--- Material provided ---
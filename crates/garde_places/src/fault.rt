//! A fault of a report, and where it stands in the text.
ghost use Rattle.std.specs.Prelude.{◌≡◌, ◌||◌, codes};
ghost use Rattle.std.specs.Str.{bytes_eq};
ghost use Rattle.garde_places.specs.Fault.{speaks_of_name};

use garde_report::{Error, Path};
use garde_tape::Place;

/// A fault of a report, and where it stands in the text.
#[derive(Clone, Copy, Debug, Drop)]
pub struct Fault<'r> {
    /// Where it stands in the text.
    pub place: Place,
    /// Where it stands in the value.
    pub path: &'r Path,
    /// Its message.
    pub error: &'r Error,
}

/// Whether a fault of this code speaks of the name of a member, and not of its value.
pub(crate) fn speaks_of_name(code: &str) -> bool
    ensures { result ≡ speaks_of_name code.now }
{
    code == "member_unknown" || code == "member_repeated"
}
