//! Texts in which a character that means something in a line is written in another way.
ghost use Rattle.std.specs.Prelude.{◌≡◌};
ghost use Rattle.std.specs.Fmt.{WritesOnOk};
ghost use Rattle.garde_places.specs.Escape.{data_char, file_char, property_char, written_char, written_text};

use std::fmt;

/// Where a text stands.
#[derive(Clone, Copy, Drop)]
pub(crate) enum Escape {
    /// The name of a file, behind which a colon stands.
    File,
    /// The message of a workflow command of GitHub.
    Data,
    /// A property of such a command.
    Property,
}

/// Writes a text as it stands there.
pub(crate) fn write_text<W: fmt::Write>(
    escape: Escape,
    text: &str,
    f: &mut fmt::Formatter<W>,
) -> fmt::Result
    ensures { WritesOnOk W.write_str_gives f.old result (written_text escape text.now) f.new }
{
    for c in text.chars() {
        write_char(escape, c, f)?;
    }
    Ok(())
}

fn write_char<W: fmt::Write>(escape: Escape, c: char, f: &mut fmt::Formatter<W>) -> fmt::Result
    ensures { WritesOnOk W.write_str_gives f.old result (written_char escape c) f.new }
{
    match escape {
        Escape::File => write_file_char(c, f),
        Escape::Data => write_data_char(c, f),
        Escape::Property => write_property_char(c, f),
    }
}

fn write_file_char<W: fmt::Write>(c: char, f: &mut fmt::Formatter<W>) -> fmt::Result
    ensures { WritesOnOk W.write_str_gives f.old result (file_char c) f.new }
{
    match c {
        ':' => f.write_str("\\u{3a}"),
        _ => f.write_char(c),
    }
}

fn write_data_char<W: fmt::Write>(c: char, f: &mut fmt::Formatter<W>) -> fmt::Result
    ensures { WritesOnOk W.write_str_gives f.old result (data_char c) f.new }
{
    match c {
        '%' => f.write_str("%25"),
        '\r' => f.write_str("%0D"),
        '\n' => f.write_str("%0A"),
        _ => f.write_char(c),
    }
}

fn write_property_char<W: fmt::Write>(c: char, f: &mut fmt::Formatter<W>) -> fmt::Result
    ensures { WritesOnOk W.write_str_gives f.old result (property_char c) f.new }
{
    match c {
        ':' => f.write_str("%3A"),
        ',' => f.write_str("%2C"),
        _ => write_data_char(c, f),
    }
}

--- Instructions to follow ---
In the listing above, find each line where "specs" occurs and copy it.

--- Solution below ---
ghost use Rattle.std.specs.Prelude.{◌≡◌, ◌||◌, codes};
ghost use Rattle.std.specs.Str.{bytes_eq};
ghost use Rattle.garde_places.specs.Fault.{speaks_of_name};
ghost use Rattle.std.specs.Prelude.{◌≡◌};
ghost use Rattle.std.specs.Fmt.{WritesOnOk};
ghost use Rattle.garde_places.specs.Escape.{data_char, file_char, property_char, written_char, written_text};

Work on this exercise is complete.